When I look around I see I am not alone. In these cities, we have perfected the art of staying busy. Time is money, and there is so much to be done. Not a minute to rest, go do things, lots of them, it helps you grow in your career, it helps you stay ahead of the Jones, and buy yourself all those wonderful things you desire. If you have one house, you need to start planning to buy the next. If you have one car, you need to think of the model you want next. If you had dinner at this restaurant, hey there is a new one on the other side of town, have you tried that yet? You went on a holiday close to home, have to tried an international one yet?

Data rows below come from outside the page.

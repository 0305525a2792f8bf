//! Builds a broadcaster's report in a book, and prints each call with its answer, the plan, three refusals, the report with
//! its bookings, versions of it by swaps and by a list of calls, a helper column, what comes of the rows of a small log, and
//! what an extract answers.
#![tactic(auto)]

use book::declaration::Book;
use book::opened::OpenBook;
use bookings::{booked, latest_first};
use entries::node::{ExprId, PlanId};
use explain::explain;
use extracted::show_extracted;
use helper::{HELPER, helped_spots, kind_of};
use listing::perform_list;
use log_rows::{make_own, show_rows};
use std::io;
use stopped::Stopped;
use telling::{declared, made, told};
use versions::{compared, traced, version};

mod bookings;
mod explain;
mod extracted;
mod helper;
mod listing;
mod log_rows;
mod stopped;
mod telling;
mod versions;

const EQUAL: u8 = 0;

const PLUS: u8 = 1;

const MISSING: u8 = 4;

const GET_FIELD: u8 = 5;

fn declare(rt: &impl Print, book: &mut Book) -> io::Result<()> {
    declared(
        rt,
        "0 equal, 2 arguments, rule 0, strict",
        book.declare(EQUAL, b"equal", 2, 0, true),
    )?;
    declared(
        rt,
        "1 plus, 2 arguments, rule 0, strict",
        book.declare(PLUS, b"plus", 2, 0, true),
    )?;
    declared(
        rt,
        "4 missing, 1 argument, rule 2, not strict",
        book.declare(MISSING, b"missing", 1, 2, false),
    )?;
    declared(
        rt,
        "5 get_field, 2 arguments, rule 1, strict",
        book.declare(GET_FIELD, b"get_field", 2, 1, true),
    )
}

/// A hundred rows of the log.
// `rt` and `book` stay two parameters, here and below: in a struct each call would read
// `made(self.rt, .., self.book.limit(..))`, since `self.made(.., self.book.limit(..))` borrows the struct twice.
fn hundred_rows(rt: &impl Print, book: &mut OpenBook) -> Result<PlanId, Stopped> {
    let log = made(
        rt,
        "table log (event, start)",
        book.table(b"log", b"event,start"),
    )?;
    made(rt, "limit to 100 rows", book.limit(log, 0, 100))
}

/// The list that adds 50 to the start, under the same name.
fn later_start(rt: &impl Print, book: &mut OpenBook, rows: PlanId) -> Result<PlanId, Stopped> {
    let event = made(
        rt,
        "reference log.event",
        book.reference(b"event", Some(b"log")),
    )?;
    let start = made(
        rt,
        "reference log.start",
        book.reference(b"start", Some(b"log")),
    )?;
    let fifty = made(rt, "whole 50", book.whole(50))?;
    let sum = made(rt, "call plus", book.call(PLUS, &[start, fifty]))?;
    let later = made(rt, "alias start", book.alias(sum, b"start", None))?;
    made(rt, "projection", book.projection(rows, &[event, later]))
}

/// Events whose kind is a spot.
fn spots(rt: &impl Print, book: &mut OpenBook, rows: PlanId) -> Result<PlanId, Stopped> {
    let event = made(rt, "reference event", book.reference(b"event", None))?;
    let kind = made(rt, "text kind", book.text(b"kind"))?;
    let field = made(rt, "call get_field", book.call(GET_FIELD, &[event, kind]))?;
    let spot = made(rt, "text spot", book.text(b"spot"))?;
    let equal = made(rt, "call equal", book.call(EQUAL, &[field, spot]))?;
    made(rt, "filter", book.filter(rows, equal))
}

fn refusals(rt: &impl Print, book: &mut OpenBook, rows: PlanId) -> Result<(), Stopped> {
    told(
        rt,
        "reference with a comma in its name",
        book.reference(b"event,start", None),
    )?;
    told(
        rt,
        "filter by an expression that is not there",
        book.filter(rows, ExprId(99)),
    )?;
    let stop = made(rt, "reference stop", book.reference(b"stop", None))?;
    told(
        rt,
        "projection of a column that is not there",
        book.projection(rows, &[stop]),
    )?;
    Ok(())
}

/// The report with its bookings, and the sort of that, built and printed.
fn show_bookings(
    rt: &impl Print,
    book: &mut OpenBook,
    report: PlanId,
) -> Result<(PlanId, PlanId), Stopped> {
    let joined = booked(rt, book, report)?;
    let sorted = latest_first(rt, book, joined)?;
    println!(rt; "")?;
    explain(rt, book, sorted)?;
    Ok((joined, sorted))
}

/// A version of the report, built and printed, and what the book says of nodes.
fn show_version(
    rt: &impl Print,
    book: &mut OpenBook,
    report: PlanId,
    later: PlanId,
    rows: PlanId,
) -> Result<PlanId, Stopped> {
    let version = version(rt, book, report, later, rows)?;
    println!(rt; "")?;
    explain(rt, book, version)?;
    println!(rt; "")?;
    compared(rt, book, report, version)?;
    compared(rt, book, report, later)?;
    traced(rt, book, version, "start")?;
    traced(rt, book, version, "event")?;
    Ok(version)
}

/// Spots by a helper column, built, printed and traced; the expression of the kind.
fn show_helper(rt: &impl Print, book: &mut OpenBook, rows: PlanId) -> Result<ExprId, Stopped> {
    let event = made(
        rt,
        "reference log.event",
        book.reference(b"event", Some(b"log")),
    )?;
    let kind = kind_of(rt, book, event)?;
    let helped = helped_spots(rt, book, rows, event, kind)?;
    println!(rt; "")?;
    explain(rt, book, helped)?;
    println!(rt; "")?;
    traced(rt, book, helped, HELPER)?;
    Ok(kind)
}

fn main(rt: HostRuntime) -> Result<(), Stopped> {
    let mut book = Book::new();
    declare(&rt, &mut book)?;
    let mut open = book.open();
    println!(rt; "open")?;
    let rows = hundred_rows(&rt, &mut open)?;
    let later = later_start(&rt, &mut open, rows)?;
    let report = spots(&rt, &mut open, later)?;
    println!(rt; "")?;
    explain(&rt, &open, report)?;
    println!(rt; "")?;
    refusals(&rt, &mut open, report)?;
    println!(rt; "")?;
    let (joined, sorted) = show_bookings(&rt, &mut open, report)?;
    println!(rt; "")?;
    let version = show_version(&rt, &mut open, report, later, rows)?;
    println!(rt; "")?;
    perform_list(&rt, &mut open, joined, sorted, version)?;
    println!(rt; "")?;
    let kind = show_helper(&rt, &mut open, rows)?;
    println!(rt; "")?;
    let own = make_own(&rt, &mut open, kind)?;
    println!(rt; "")?;
    show_rows(&rt, &open, report, own)?;
    println!(rt; "")?;
    show_extracted(&rt, &mut open, report, sorted, later)?;
    Ok(())
}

Yes, the goal posts keep moving, and they are very much external, things that you can take pictures of and post on Facebook and Pinterest. And then one day it all collapses, like a pack of cards. But didn’t you feel this pain before? Didn’t you find something wrong? Didn’t you hear the creak? Of course I did, we all do, only not loud enough. Only that we did not stop to take it in. Only that we did not believe its affects. We were rushing to that meeting, to that party, for that flight, for a dinner.
We are so busy we don’t have the time to listen to ourselves, we don’t have the time to talk to ourselves, to understand ourselves, to stop and say, “yes, complete that sentence”. “yes, lets talk now”. “yes, this is me time”. We are so used to relating to the external, the internal has become alien. We don’t know how to treat ourselves, what it means to be good to oneself, and by that I don’t mean, buying oneself jewelry or getting a pedicure. If you really dwell on it, you will note, we are the most neglected person. We are the most lonely person. We are the most friendless person. We don’t know how to socialize with ourselves.
So what is it that this lonely, sad, neglected person takes out into the world? What is it that you share, but what you have. Without the mask please. Is it a wonder that society around us has shaped out the way it has? That we have shaped it the way it is?
How often do we go out for a long quite walk, how often do we sit down and meditate, how often do we just stay by ourselves for ourselves sake. Ah, don’t those things seem what older folks do? Perhaps they have gone full circle and after fighting themselves have now settled into a comfortable coexistence. Do we also have to advance in age before we get there? Before we learn about ourselves and accept ourselves the way we are. No fluff, no make-up, now external recognition’s and degrees, just us, just the skin, the flesh, staring back, the real me, without the fancy veneer that we have worked so hard to build about ourselves.